JW Marriott Phu Quoc Emerald Bay Resort & Spa
When you book JW Marriott Phu Quoc Emerald Bay Resort & Spa in Phu Quoc, Vietnam through our Marriott Luminous partnership, your stay includes daily breakfast, room upgrades and flexible check-in and check-out.
Exclusive Booking Perks
- Welcome amenity
- Complimentary breakfast daily for two guests per room
- Early check-in and late check-out (when available)
- Complimentary upgrade (if available at check-in)
Location
JW Marriott Phu Quoc Emerald Bay Resort & Spa occupies a stretch of Vietnam's largest island, where the Gulf of Thailand washes against white sand and the air carries salt and frangipani. Phu Quoc has transformed from a sleepy fishing outpost into a tourism-driven special administrative zone, yet pockets of its original character remain: pepper plantations inland, fish sauce factories near the ports, wooden boats hauled onto beaches at dawn. The island's 21 smaller islets scatter across turquoise shallows like jade fragments.
The property sits on the southern coast, near the town of An Thoi, where the island tapers toward rocky headlands. Khem Beach lies half a kilometre away, its powdery sand and casuarina shade drawing fewer crowds than the developed stretches further north. Two and a half kilometres east, Sao Beach curves in a generous arc, its shallows so clear you can count pebbles at knee depth.
Phú Quốc International Airport connects the island to Ho Chi Minh City, Hanoi, and regional hubs, sixteen kilometres north of the resort. The drive south traces the coastline, passing roadside stalls selling dried squid and coconut candy, the island's two unlikely culinary exports.

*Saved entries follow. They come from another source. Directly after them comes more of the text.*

// The bench's session and its answers as plain numbers, for callers that are not Rattle: every value of `State` is some session (specs/Numbers), so that nothing is undefined,
// whatever a caller hands in. All zeros are the fresh session.
#![tactic(auto)]

mod answers;
mod back;
mod forth;
mod tallies;

pub use answers::{leaving, reply_of, told};
pub use back::{is_set, operator_of, point_of, region_of, session_of, spot_of};
pub use forth::{Place, eight_of, flag, four_of, shape_of, spotted, state_of};
pub use tallies::counts_of;

// A point.
#[repr(C)]
#[derive(Clone, Copy)]
pub struct Four {
    pub a: i32,
    pub b: i32,
    pub c: i32,
    pub d: i32,
}

impl Four {
    // What stands where there is no point.
    pub const NONE: Four = Four {
        a: 0,
        b: 0,
        c: 0,
        d: 0,
    };
}

// An operator.
#[repr(C)]
#[derive(Clone, Copy)]
pub struct Eight {
    pub a: i16,
    pub b: i16,
    pub c: i16,
    pub d: i16,
    pub ai: i16,
    pub bi: i16,
    pub ci: i16,
    pub di: i16,
}

impl Eight {
    // What stands where there is no operator.
    pub const NONE: Eight = Eight {
        a: 0,
        b: 0,
        c: 0,
        d: 0,
        ai: 0,
        bi: 0,
        ci: 0,
        di: 0,
    };
}

// A region. Kind 2 is a rectangle, 3 an ellipse, any other a slice; the fields of the other two do not count.
#[repr(C)]
#[derive(Clone, Copy)]
pub struct Shape {
    pub kind: u8,
    pub n: u16,
    pub xl: i32,
    pub xh: i32,
    pub yl: i32,
    pub yh: i32,
    pub cx: i32,
    pub cy: i32,
    pub p: u16,
    pub q: i16,
    pub r: u16,
    pub s: u32,
    pub zx: i16,
    pub zy: i16,
    pub w: i32,
}

impl Shape {
    // What stands where there is no region.
    pub const NONE: Shape = Shape {
        kind: 0,
        n: 0,
        xl: 0,
        xh: 0,
        yl: 0,
        yh: 0,
        cx: 0,
        cy: 0,
        p: 0,
        q: 0,
        r: 0,
        s: 0,
        zx: 0,
        zy: 0,
        w: 0,
    };
}

// hi·2^64 + lo.
#[repr(C)]
#[derive(Clone, Copy)]
pub struct Count {
    pub hi: u64,
    pub lo: u64,
}

// A count for each exponent from 0 to 20.
#[repr(C)]
#[derive(Clone, Copy)]
pub struct Counts {
    pub counts: [Count; 21],
}

// A session. Stage 1 has the scale, 2 the selection too, 3 region A too, 4 the whole job; any other has read nothing.
#[repr(C)]
#[derive(Clone, Copy)]
pub struct State {
    pub stage: u8,
    pub k: u8,
    pub all: u8,
    pub ended: u8,
    pub a: Shape,
    pub b: Shape,
    pub spot: Four,
    pub operator: Eight,
    pub tally: Counts,
}

// An answer. Kind 1 is a reading's count of bytes, 2 a hand-out's count and whether the end is reached, 3 done, 4 yes or no, 5 a pattern, any other a refusal by its number.
#[repr(C)]
#[derive(Clone, Copy)]
pub struct Reply {
    pub kind: u8,
    pub number: u8,
    pub flag: u8,
    pub scale: u8,
    pub count: usize,
    pub u: Four,
    pub t: Four,
}

// The session that a call leaves, and its answer.
#[repr(C)]
#[derive(Clone, Copy)]
pub struct Left {
    pub session: State,
    pub reply: Reply,
}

Michelin-starred dining hasn't reached Phu Quoc yet, but the island's fishing heritage and proximity to Cambodia's Kampot coast mean seafood arrives daily at local markets. Cho An Thoi, two and a half kilometres from the property, opens before sunrise: shrimp still twitching in baskets, grouper on ice, vendors bargaining in rapid Vietnamese. The best tables on the island serve grilled fish with green mango salad and nuoc cham sharp enough to make your eyes water.
Khem Beach, a short walk from the hotel, remains blissfully undeveloped compared to Long Beach's hotel strip thirteen kilometres north. Arrive early to claim shade under the pines. Sao Beach, slightly further, offers better swimming but draws tour groups by midday. Book a boat from An Thoi harbour to explore the southern archipelago: Hon Thom, Hon May Rut, islets where coral gardens thrive in water so clear it feels like floating above glass. The cable car to Hon Thom island, among the world's longest sea crossings, departs from An Thoi and offers vertigo-inducing views of fishing villages and turquoise channels.
Phu Quoc's dry season, November through March, bathes the island in steady sunshine and gentle breezes. Mornings break cool and bright, temperatures climbing to the high twenties by afternoon. The sea flattens to a mirror, perfect for snorkelling the southern reefs.
The monsoon arrives in May and intensifies through August, when afternoon storms sweep in from the Gulf with theatrical fury. Rain comes in warm sheets, clearing as quickly as it arrives, leaving the air dense and fragrant. Roads flood briefly, then steam dry under returning sun.
April and October bookend the wet season with unpredictable weather: brilliant mornings giving way to sudden squalls. The island empties of crowds during these transitional months, and hotel rates drop. Visit between December and February for guaranteed sun and calm seas.